Prior to the annual flood of donations during the holiday season, the shelves in the warehouse of the Greater Vancouver Food Bank Society were close to empty. (This photo was taken in November.) A representative says donations have decreased while demand has gone up.

Prior to the annual flood of donations during the holiday season, the shelves in the warehouse of the Greater Vancouver Food Bank Society were close to empty. (This photo was taken in November.) A representative says donations have decreased while demand has gone up.

Credit: supplied

NEWS: Food bank woes a reflection of troubled economy

The holiday season’s spirit of giving can seem like a boon for local charities, but a sad truth is that food banks rely almost exclusively on seasonal philanthropy to get them through the year. According to Doug Aason, community investment director for the Greater Vancouver Food Bank Society (GVFBS), donations spike over Christmas and tend to drop dramatically during the summer months, when use of food banks by parents of school-aged children goes up in the absence of school meal programs and the onset of increased financial burdens from summertime childcare.

In recent weeks, at least, the Strathcona headquarters of the GVFBS are busy, with Aason and his colleagues handling the crucial flow of November-December donations — the most generous influx the food bank will receive all year. But this past fall, before the holiday rush began, the warehouse shelves were emptier than they’d ever been. Overall, donations are on the decline.

“Demand is up, donations are down. It’s a pretty deadly combination,” Aason says. “And the situation this past year that has been one we’ve never seen before. It’s tremendously worrisome.”

What Aason has observed at Vancouver food banks is consistent with information reported in an annual report released in November 2009 by Food Banks Canada, which shows that the effects of the global economic recession that defined 2008 were strongly felt this year. According to the report, 72,000 people were first-time food bank users as a direct result of recession-related job losses and financial difficulty. As of March 2009, 794,738 people used a food bank in Canada, marking an 18-per-cent increase compared to the same time in 2008.

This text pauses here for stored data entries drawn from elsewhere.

// A source and a sink that never fail: their count of faults is the constant 0.
ghost use Rattle.std.specs.Prelude.{◌≡◌, ◌<◌, ◌≤◌, [], ℕ, List, Option, length, min, IfOk, IsOk, OnOk, OnErr, Some, None};
ghost use Rattle.office_base.specs.Outside.{Rose, TakesPrefix, ComesAtTheEnd, AppendsPrefix};
ghost use Rattle.office_base.specs.Memory.{IsSureRead};

use crate::{Failed, OutOfMemory, Sink, Source};
use std::alloc::Global;
use std::marker::Model;

/// Holds bytes in memory, and returns them in pieces of at most `piece` bytes. It never fails.
#[derive(Drop)]
pub struct SureSource {
    bytes: Vec<u8>,
    read: usize,
    piece: usize,
}

impl Model for SureSource {
    ghost use Rattle.std.specs.Prelude.{◌<◌, ◌≤◌, ℕ, List, drop, length};

    ghost Value = { List ℕ × ℕ };

    ghost view = { λ a. (drop a.read a.bytes.items, a.piece) };

    ghost invariant = { λ a. (a.read ≤ length a.bytes.items) × (0 < a.piece) };
}

impl SureSource {
    /// Makes a source of these bytes. One read returns at most `piece` bytes.
    pub fn new(alloc: Global, bytes: &[u8], piece: usize) -> Result<SureSource, OutOfMemory>
        requires { 0 < piece }
        ensures { IfOk result (λ source. source ≡ (bytes.now, piece)) }
    {
        Ok(SureSource {
            bytes: Vec::from_slice(alloc, bytes)?,
            read: 0,
            piece,
        })
    }
}

impl Source for SureSource {
    ghost left = { λ source. Some source.0 };

    ghost faults = { λ _. 0 };

    fn read(&mut self, buf: &mut [u8]) -> Result<usize, Failed>
        ensures within { IfOk result (λ n. n ≤ length buf.old) }
        ensures taken { IfOk result (λ n.
            TakesPrefix n (Some self.old.0) (Some self.new.0) buf.new) }
        ensures ended { IfOk result (λ n. ComesAtTheEnd n (length buf.old) (Some self.old.0)) }
        ensures kept { OnErr result (Some self.new.0 ≡ Some self.old.0) }
        ensures count { 0 ≤ 0 }
        ensures steady { OnOk result (◌≡◌ {A = ℕ} 0 0) }
        ensures cause { OnErr result (Rose 0 0) }
        // it gives as much as the piece and the buffer allow, and never fails
        ensures sure { IsSureRead (length buf.old) self.old self.new result }
    {
        let left = self.bytes.len() - self.read;
        let count = self.piece.min(buf.len().min(left));
        buf[..count].copy_from_slice(&self.bytes[self.read..self.read + count]);
        self.read += count;
        Ok(count)
    }
}

/// Takes each piece whole and keeps nothing. Its bytes are hidden. It allocates nothing and never fails.
#[derive(Drop)]
pub struct SureSink {}

impl SureSink {
    pub fn new() -> SureSink {
        SureSink {}
    }
}

impl Sink for SureSink {
    ghost written = { λ _. None };

    ghost faults = { λ _. 0 };

    fn write(&mut self, piece: &[u8]) -> Result<usize, Failed>
        ensures within { IfOk result (λ n. n ≤ length piece.now) }
        ensures some { IfOk result (λ n. 0 < length piece.now → 0 < n) }
        ensures appended { IfOk result (λ n. AppendsPrefix n piece.now None None) }
        ensures kept { OnErr result (◌≡◌ {A = Option (List ℕ)} None None) }
        ensures count { 0 ≤ 0 }
        ensures steady { OnOk result (◌≡◌ {A = ℕ} 0 0) }
        ensures cause { OnErr result (Rose 0 0) }
        ensures whole { result ≡ Ok (length piece.now) }
    {
        Ok(piece.len())
    }
}
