// The number of a step among all steps, and the step of a number.
ghost use Rattle.std.specs.Prelude.{◌≡◌};
ghost use Rattle.office_base.specs.CategorySteps.{step_of_number};
ghost use Rattle.office_base.specs.StepNumbers.{step_number};

use crate::{ALL_STEPS, StepKind};

/// Returns the number of a step among all steps, from 0.
pub fn step_number(step: StepKind) -> u8
    ensures { result ≡ step_number step }
{
    match step {
        StepKind::Open => 0,
        StepKind::Ews => 1,
        StepKind::Obc => 2,
        StepKind::Sc => 3,
        StepKind::St => 4,
        StepKind::Dereserved => 5,
    }
}

/// Returns the step of a number, if there is one.
pub fn step_of_number(number: u8) -> Option<StepKind>
    ensures { result ≡ step_of_number number }
{
    ALL_STEPS.get(usize::from(number)).copied()
}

“The food bank isn’t the answer,” Aason says, adding that food banks in Canada started out in the early 1980s as a temporary solution for those struggling to make ends meet. “It’s just the symptom of a bigger problem... that hasn’t been addressed.”

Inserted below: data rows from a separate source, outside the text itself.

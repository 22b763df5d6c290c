// A search among pairs in the order of their keys.
ghost use Rattle.std.specs.BTreeMap.{is_at};
ghost use Rattle.std.specs.List.Sorted.{IsStrictlySortedBy};
ghost use Rattle.std.specs.Map.{keys_of, lookup};
ghost use Rattle.std.specs.Prelude.{◌≡◌, option_copied};

use std::cmp::Ordering;

/// Returns the value of a key among pairs whose keys rise. `None` exactly when no pair has the key. Allocates nothing,
/// and looks at few of the pairs.
pub fn find_sorted<'a, K: Ord, V>(pairs: &'a [(K, V)], key: &K) -> Option<&'a V>
    requires { IsStrictlySortedBy K.cmp (keys_of pairs.now) }
    ensures { option_copied result ≡ lookup (is_at (K.cmp key.now)) pairs.now }
{
    let (mut low, mut high) = (0, pairs.len());
    while low < high {
        let middle = low + (high - low) / 2;
        match key.cmp(&pairs[middle].0) {
            Ordering::Equal => return Some(&pairs[middle].1),
            Ordering::Less => high = middle,
            Ordering::Greater => low = middle + 1,
        }
    }
    None
}
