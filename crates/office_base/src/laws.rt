// Laws of the words of the office: each is the contract of a function that does nothing.
ghost use Rattle.office_base.specs.Laws.{SeatKindNumbersLaw, StepNumbersLaw};

/// Shows that a step is read back from its number, and from no other number.
pub fn step_numbers()
    ensures { StepNumbersLaw }
{}

/// Shows that a kind of seat is read back from its number, and from no other number.
pub fn seat_kind_numbers()
    ensures { SeatKindNumbersLaw }
{}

Shuana MacKinnon, director of the Winnipeg branch of the Canadian Centre for Policy Alternatives, authored a Dec. 21 article titled “Putting the Spirit of Giving in Context,” as part of an effort to highlight how food banks fill a gap in society that governments should be taking care of themselves. Most troubling, perhaps, is MacKinnon’s assertion that food banks make governments and citizens complacent to persistent inequalities that cannot be addressed by seasonal philanthropy. “Unfortunately, public calls for charity donations neglect to draw attention to the inequality that creates need [in the first place],” she says. “The public is not challenged to consider the social and economic structures that have created the need for charities to serve the poor.”

Moreover, food banks and holiday charity drives let governments off the hook for issues they should examine more thoroughly, MacKinnon says. “Seeking donations to help the poor without providing context as to why we have so much poverty in a world of plenty allows us to individualize poverty,” she explains. “We allow ourselves to believe that [food bank users] are not like us — we would never be poor like them, but we will help them at Christmastime because we feel sorry for them, and giving makes us feel better.”

As long as food banks remain a permanent fixture of Canada’s charity landscape, MacKinnon says, governments will continue to shirk responsibilities in addressing poverty reduction. “The demand for food banks tells us that our country is failing to reduce inequality in a land of plenty. We should be outraged,” she says. “Our only hope is if provincial governments work together by implementing their own strategies and mobilizing public pressure to get the federal government on side.”

While Aason points out that the GVFBS does not receive government funding so that it can work independently to advocate for food security and poverty reduction, he emphasizes the role that food banks play in filling poverty gaps that governments leave behind. “Really, we’re there as a result of certain things failing in our system,” he says. “All of us here would love to be out of business and see people getting access to food that [they] need, and having a livable wage and affordable housing and a vibrant economy. But... 27 years ago, this was just a temporary thing that was set up to deal with a difficult economic downturn.”